Sunday, July 1, 2007

I can't believe you just peed on me

I came to understand a new feature of the male anatomy this evening. We've been potty training my son for the last few months and are currently in a set back period after a stressful experience with an airplane lavatory. We're basically back to square one after having weeks of successful potty encounters. One look at the lavatory and all of our hard work went, literally, down the toilet. Now I can't even get my son to go near the potty. And he has the nerve to demand to be changed the minute he's finished his business.

Tonight, after a long fun day in Santa Cruz with friends, he had a bath with his aba (dad) and asked mommy to put on his pajamas. As I was putting on his pull-up (don't even get me started on pull-ups), he started to pee into the pull-up. The rest of the conversation goes like this:

Me: Are you kidding me?
Him: I made a pee pee.
Me: Do you still have more pee pee?
Him: No, change me mommy!
Me: Are you done making pee pee?
Him: Change me mommy!

I take off the now wet pull-up and notice that his penis is sort of dripping so I try to cover it with the wet pull-up. It stops dripping. I go to get another pull-up and come back and he's now peeing on the carpet. So I put the pull-up to his crotch and tell him to stop (genius, I know). He stops and keeps dripping. So I get closer to put the new pull-up on him and he pees all over me.

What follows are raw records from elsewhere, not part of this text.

impl Sought for Spelled<'_> {
    ghost use Rattle.std.specs.Prelude.{◌+◌, ◌<◌, length};
    ghost use Rattle.segment_blocks.specs.Said.{said};
    ghost use Rattle.segment_blocks.specs.Stored.{AreStored, hash_at, indexed};
    ghost use Rattle.vol_spec.specs.SegShapes.{sizes_of};
    ghost use Rattle.vol_spec.specs.SegWritten.{same, table};

    ghost number = { λ b. b.k };

    ghost home_of = { λ b. hash_at (sizes_of b.shape.now) (said (sizes_of b.shape.now) b.chunk.now) b.c };

    ghost placed = { λ b. indexed (sizes_of b.shape.now) (said (sizes_of b.shape.now) b.chunk.now) b.c };

    ghost equals = { λ b j. same (table (sizes_of b.shape.now) (said (sizes_of b.shape.now) b.chunk.now) b.c j)
        (table (sizes_of b.shape.now) (said (sizes_of b.shape.now) b.chunk.now) b.c b.k) };

    ghost ready = { λ b. AreStored (sizes_of b.shape.now) (said (sizes_of b.shape.now) b.chunk.now) b.c
        b.channel.now b.at.now b.lens.now (b.k + 1) × (b.k < length b.at.now) × (b.k < length b.lens.now) };

    fn is_equal(&self, j: usize) -> bool {
        is_same(
            self.channel,
            self.at[j] as usize,
            self.lens[j] as usize,
            self.at[self.k] as usize,
            self.lens[self.k] as usize,
            find_width(self.shape.wide),
        )
    }
}

// Whether the values ascend, no two of them equal.
fn test_rises(values: &[u64]) -> bool
    ensures { IsTrue result → (i j : ℕ) → i < j → j < length values.now →
        slice_index values.now i < slice_index values.now j }
{
    for i in 1..values.len() {
        if values[i] <= values[i - 1] {
            return false;
        }
    }
    true
}

// Whether the voxel n of a block is among those that count.
fn test_counts(b: &Block, n: usize) -> bool
    requires x { 0 < b.now.block_x }
    requires y { 0 < b.now.block_y }
    ensures { result ≡ (nat_lt (n % b.now.block_x) b.now.count_x
        && nat_lt (n / b.now.block_x % b.now.block_y) b.now.count_y
        && nat_lt (n / b.now.block_x / b.now.block_y) b.now.count_z) }
{
    n % b.block_x < b.count_x
        && n / b.block_x % b.block_y < b.count_y
        && n / b.block_x / b.block_y < b.count_z
}
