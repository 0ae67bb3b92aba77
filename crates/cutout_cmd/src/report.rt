//! What is told of a refusal.
ghost use Rattle.cutout_cmd.specs.Refusals.{cutout_fixed, cutout_line, cutout_status};

use crate::refusal::CutoutRefusal;
use command_base::{
    Refusal, Status, write_damaged_line, write_large_line, write_outside_line, write_why,
};
use std::alloc::{AllocError, Global};
use vol_base::Name;

impl Refusal for CutoutRefusal {
    ghost ends = { cutout_status };

    ghost line = { cutout_line };

    ghost fixed = { cutout_fixed };

    fn status(&self) -> Status {
        match self {
            CutoutRefusal::NoScale(_) => Status::InfoRefused,
            CutoutRefusal::Outside { .. } | CutoutRefusal::TooLarge(_) => Status::RequestRefused,
            CutoutRefusal::Damaged { .. } => Status::Damaged,
            CutoutRefusal::StoreFault => Status::StoreFault,
            CutoutRefusal::OutFault => Status::OutFault,
            CutoutRefusal::NoMemory => Status::NoMemory,
        }
    }

    fn write_line(&self, alloc: Global, dataset: &Name) -> Result<Vec<u8>, AllocError> {
        match self {
            CutoutRefusal::NoScale(why) => write_why(alloc, dataset, why),
            CutoutRefusal::Outside { part, whole } => {
                Ok(write_outside_line(alloc, part, whole)?.into_bytes())
            }
            CutoutRefusal::TooLarge(bytes) => Ok(write_large_line(alloc, *bytes)?.into_bytes()),
            CutoutRefusal::Damaged { cell, fault } => {
                Ok(write_damaged_line(alloc, *cell, *fault)?.into_bytes())
            }
            CutoutRefusal::StoreFault | CutoutRefusal::OutFault | CutoutRefusal::NoMemory => {
                unreachable!()
            }
        }
    }
}
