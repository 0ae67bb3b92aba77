//! The command `cutout`.
#![tactic(auto)]

mod cut_out;
mod refusal;
mod report;

pub use cut_out::{judge_part, run_cutout, stream_part};
pub use refusal::CutoutRefusal;
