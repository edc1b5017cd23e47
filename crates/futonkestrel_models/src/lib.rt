// The model's engine for callers who lend slices. Model and state are lists of numbers of our own, which the engine is lent.

#![tactic(auto)]

ghost use Rattle.std.specs.Prelude.{◌≡◌};
ghost use Rattle.model_words.specs.Words.{timing_in};
ghost use Rattle.model_state.specs.Words.{state_in};
ghost use Rattle.listing.specs.Outcomes.{model_outcome};
ghost use Rattle.futonkestrel_lending.specs.Lending as lending;

use futonkestrel_lending::{put_numbers, tell_run};
use model_state::STATE_WORDS;
use model_words::MODEL_WORDS;
use numbers::bits;
use records::Cause;
use table_format::VARIABLES;

fn put_shown(lent: &mut [u32], m: &[u32], s: &[u32])
    ensures { lent.new ≡ lending.lent_as lent.old (lending.numbers_shown (timing_in m.now) (state_in s.now)) }
{
    put_numbers(lent, |j| bits(translate_shown::shown(m, s, j as u16)));
}

// One event of a model, after a script that goes on after refusals, with the variables of the state that it leaves.
pub fn model_after(model: &[u8], script: &[u8], event: &[u8], lent: &mut [u32]) -> Cause
    ensures { (result ≡ lending.after_answer model.now script.now event.now lent.old) × (lent.new ≡ lending.after_lent model.now script.now event.now lent.old) }
{
    let mut words = [0u32; MODEL_WORDS];
    let cause = model_reader::read_model_into(model, &mut words).cause;
    if !records::is_none(cause) {
        return cause;
    }
    if lent.len() < VARIABLES {
        return Cause::ShortOutput;
    }
    let mut state = [0u32; STATE_WORDS];
    model_runs::run_on_in(&words, &mut state, script);
    let answer = model_machine::step(&words, &mut state, records::event_of(event));
    put_shown(lent, &words, &state);
    answer
}

// The run of a model over a script, up to its first refused event.
pub fn run_model(model: &[u8], script: &[u8], told: &mut [usize]) -> u32
    ensures { lending.TellsOutcome (model_outcome model.now script.now) told.old result told.new }
{
    let mut words = [0u32; MODEL_WORDS];
    let refusal = model_reader::read_model_into(model, &mut words);
    if !records::is_none(refusal.cause) {
        return tell_run(told, refusal, 0, 0);
    }
    let mut state = [0u32; STATE_WORDS];
    let ran = model_runs::run_in(&words, &mut state, script);
    let clock = model_state::now_of(&state);
    tell_run(told, ran.refusal, ran.taken, clock.0)
}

Me: I can't believe you just peed on me!
Him: Where's the red spray cleaner?

Who knew that penises drip when there's still pee pee in there? And how would I know that? Why do I even bother with potty training? He'll figure it out eventually right? I mean, there were no kids in my high school class who didn't know how to use a potty. A big toilet even. We ALL figured it out. I'm sure my son will figure this one out too. He figured out the red spray bottle was carpet cleaner. He's no dummy right? My husband doesn't even know that...and HE makes pee pee on the potty all the time.


I need a shower.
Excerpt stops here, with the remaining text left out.